No final deste aprendizado, o próprio criador Javé vem julgar aluno por aluno e mostra que tem um livro anotado com cada mérito e cada demérito dos estudantes. Ele é tão zeloso e preocupado que julga também aqueles que não quiseram entrar na escola ou que saíram dela. Mas, neste momento o filho do criador, Jesus Cristo, se reveste da toga de advogado para nos ajudar. Neste livro, estão as notas de todas as provas e de todos os trabalhos que os alunos fizeram e por elas, os alunos serão julgados.

Assim, ele distribui o diploma para cada um:

• Aqueles que não aderiram à escola ou saíram dela, devem ir para uma escola inferior, uma escola que somente possui sofrimentos e dor, a Escola Inferno, em que o aluno nunca se forma;

• Os alunos que chegaram ao fim do último ano são julgados por suas notas:

o Uns são chamados a irem de viagem para uma cidade banhada com ouro e pedras preciosas, para o convívio com o professor Jesus, a cidade de Jerusalém Celeste. Mas, não serão mais seus alunos, serão seus amigos;

o Outros apesar de terem fé no professor Cristo, tiveram nota abaixo da média, mas são alunos perseverantes, que fizeram os trabalhos, passaram pelas provas, para estes há ainda a chance da recuperação, o purgatório, mas Javé explica que eles irão também para aquela cidade, somente demorarão um pouco mais. Para apressar esta saída, o diretor permite que os estudantes em um grau inferior possam ajudar, orando e clamando pela saída dos seus amigos da recuperação.

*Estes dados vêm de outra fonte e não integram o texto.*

//! Tests of values, expression trees, table files and evaluation.
#![tactic(auto)]

#[cfg(test)]
mod base_tests;
#[cfg(test)]
mod csv_tests;
#[cfg(test)]
mod row_tests;
#[cfg(test)]
mod tree_tests;
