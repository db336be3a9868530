// The viewer: a row of the light residue map or of the dark one, uncopied. What a call names comes one by one, as the C interface has it.
#![tactic(auto)]

ghost use Rattle.std.specs.Prelude.{◌≡◌};
ghost use Rattle.calls.specs.Judging.{verdict_of};
ghost use Rattle.viewer.specs.View.{view_call, in_view, viewing_tests, viewed_part, viewed, viewed_numbers};

use causes::Cause;
use grid::Grid;

// Whether a picture has such a row, and there is such a side. A side stays its number, since whether there is such a one is part of this test.
#[tactic(auto, unfolding(crate::specs::View::in_view))]
fn in_view(height: u32, row: u32, side: u32) -> bool
    ensures { result ≡ in_view height row side }
{
    row < height && (side == 1 || side == 2)
}

// The tests on a call, by the lengths of both maps. How many neighbours pixels have does not matter here.
#[tactic(auto, unfolding(calls::specs::Judging::also))]
fn judge(
    light: usize,
    dark: usize,
    width: u32,
    height: u32,
    row: u32,
    side: u32,
) -> Result<(), Cause>
    ensures { result ≡ verdict_of (viewing_tests light dark width height row side) }
{
    let grid = Grid {
        width,
        height,
        neighbours: 4,
    };
    calls::check(causes::fit(width, height), Cause::Sides)?;
    calls::check(calls::entry_each(grid, light), Cause::Output)?;
    calls::check(calls::entry_each(grid, dark), Cause::Output)?;
    calls::check(in_view(height, row, side), Cause::View)
}

// Where a row starts in the map of a side, or the cause. The side comes as its number, since one that is neither is refused last.
#[tactic(auto, unfolding(crate::specs::View::viewed))]
pub fn view_start(
    light: &[u8],
    dark: &[u8],
    width: u32,
    height: u32,
    row: u32,
    side: u32,
) -> Result<u32, Cause>
    ensures answer { viewed_numbers result ≡ viewed_numbers (viewed (view_call light.now dark.now width height row side)) }
{
    judge(light.len(), dark.len(), width, height, row, side)?;
    Ok(row * width)
}

// A row of the map of a side: a part of the lent slice itself, so nothing is copied; empty where the call is refused.
#[tactic(auto, unfolding(crate::specs::View::viewed_part))]
pub fn view_row<'a>(
    light: &'a [u8],
    dark: &'a [u8],
    width: u32,
    height: u32,
    row: u32,
    side: u32,
) -> &'a [u8]
    ensures part { result.now ≡ viewed_part (view_call light.now dark.now width height row side) }
{
    let Ok(()) = judge(light.len(), dark.len(), width, height, row, side) else {
        return &light[..0];
    };
    let start = (row * width) as usize;
    let end = start + width as usize;
    if side == 1 {
        &light[start..end]
    } else {
        &dark[start..end]
    }
}
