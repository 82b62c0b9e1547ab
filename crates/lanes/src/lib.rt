// Bytes: byte masks, a byte of many read and written, one bit of many bytes, the bits that some of many bytes have.
#![tactic(auto)]

ghost use Rattle.std.specs.Prelude.{◌≡◌, false, get_or, set};
ghost use Rattle.bits.specs.Bits as words;
ghost use Rattle.lanes.specs.Bytes as bytes;

use bits::Word;

// A byte that is kept: none of its bits is written.
const KEEP: u64 = 0x00;

// A byte that is replaced: all of them are.
const REPLACE: u64 = 0xff;

// Bits 0 and 1.
const BOTH: u8 = 3;

// The four bytes that a byte mask lets through: mask bit j set keeps byte j, else it is replaced. Mask bits from 4 on are not looked at.
pub fn written_bytes(mask: u64) -> u64
    ensures { result ≡ bytes.written_bytes 4 mask }
{
    let mut written: u64 = 0;
    for j in 0..4 {
        let byte = if bits::test(mask, j) { KEEP } else { REPLACE };
        written |= byte << (8 * j);
    }
    written
}

// Byte i; past the last one, 0.
pub fn byte_at(all: &[u8], i: u64) -> u8
    ensures { result ≡ get_or all.now i 0 }
{
    all.get(i as usize).copied().unwrap_or(0)
}

// Byte i becomes v; past the last one nothing does.
pub fn put_at(all: &mut [u8], i: u64, v: u8)
    ensures { all.new ≡ set all.old i v }
{
    // Not by `get_mut`: of a slice that it lent, a proof knows the length alone.
    if i < all.len() as u64 {
        all[i as usize] = v;
    }
}

// The number of the lowest bit that is set; the word's width where none is.
pub fn lowest<W: Word>(w: W) -> u32
    ensures { result ≡ words.first W.size (words.bit (W.number w)) }
{
    w.trailing_zeros()
}

// The word with its lowest set bit cleared.
pub fn clear_lowest<W: Word>(w: W) -> W
    ensures { result ≡ W.of_number (words.put W.size (W.number w) (words.first W.size (words.bit (W.number w))) false) }
{
    let w = w.wide();
    W::low(if w == 0 { 0 } else { w & (w - 1) })
}

// The bytes that `which` picks and that have bit k set. Only those that it picks are looked at.
// Walks over set bits are `while` loops, here and in the crates above: no index is counted, and two of them end before the word does.
pub fn gather<const N: usize, W: Word>(all: [u8; N], which: W, k: u64) -> W
    ensures { result ≡ W.of_number (bytes.gathered W.size all.entry (W.number which) k) }
{
    let mut w = which;
    let mut r: u64 = 0;
    while w.wide() != 0 {
        let i = lowest(w);
        r |= (bits::test(byte_at(&all, i as u64) as u64, k) as u64) << i;
        w = clear_lowest(w);
    }
    W::low(r)
}

// Bits 0 and 1 of the bytes that `which` picks, united. Only those bytes are looked at, and none once both bits are set.
pub fn united(all: [u8; 64], which: u64) -> u8
    ensures { result ≡ bytes.united 2 64 all which }
{
    let mut w = which;
    let mut r: u8 = 0;
    while w != 0 && r != BOTH {
        r |= all[lowest(w) as usize] % 4;
        w = clear_lowest(w);
    }
    r
}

Depois de todos formados, os alunos podem ver que na verdade o criador, o diretor e o advogado são três e iguais, contemplamos a Santíssima e Augustíssima Trindade.



Conclusão


É importante frisar que a controvérsia entre o entendimento da importância da Fé e das Obras se dá tão somente no campo teológico, uma vez que todas as confissões cristãs incentivam as boas obras, mesmo aquelas que não acreditam que elas sejam necessárias à salvação. Mas, devemos lembrar que as contendas entre os cristãos é causa de escândalo e prejudica a pregação universal e consequentemente a vinda de Jesus Cristo.

Claro é que não podemos nos erguer ou reerguer do pecado, senão pela ajuda divina, conforme as palavras de Santo Agostinho:

Mas é verdade que o homem que cai por si mesmo não pode igualmente se reerguer por si mesmo, tão espontaneamente. É porque, do céu, Deus nos estende sua mão direita, isto é, nosso Senhor Jesus Cristo. Peguemos essa mão, com fé firme, esperemos sua ajuda com esperança confiante e desejemo-la com ardente caridade. (O Livre Arbítrio)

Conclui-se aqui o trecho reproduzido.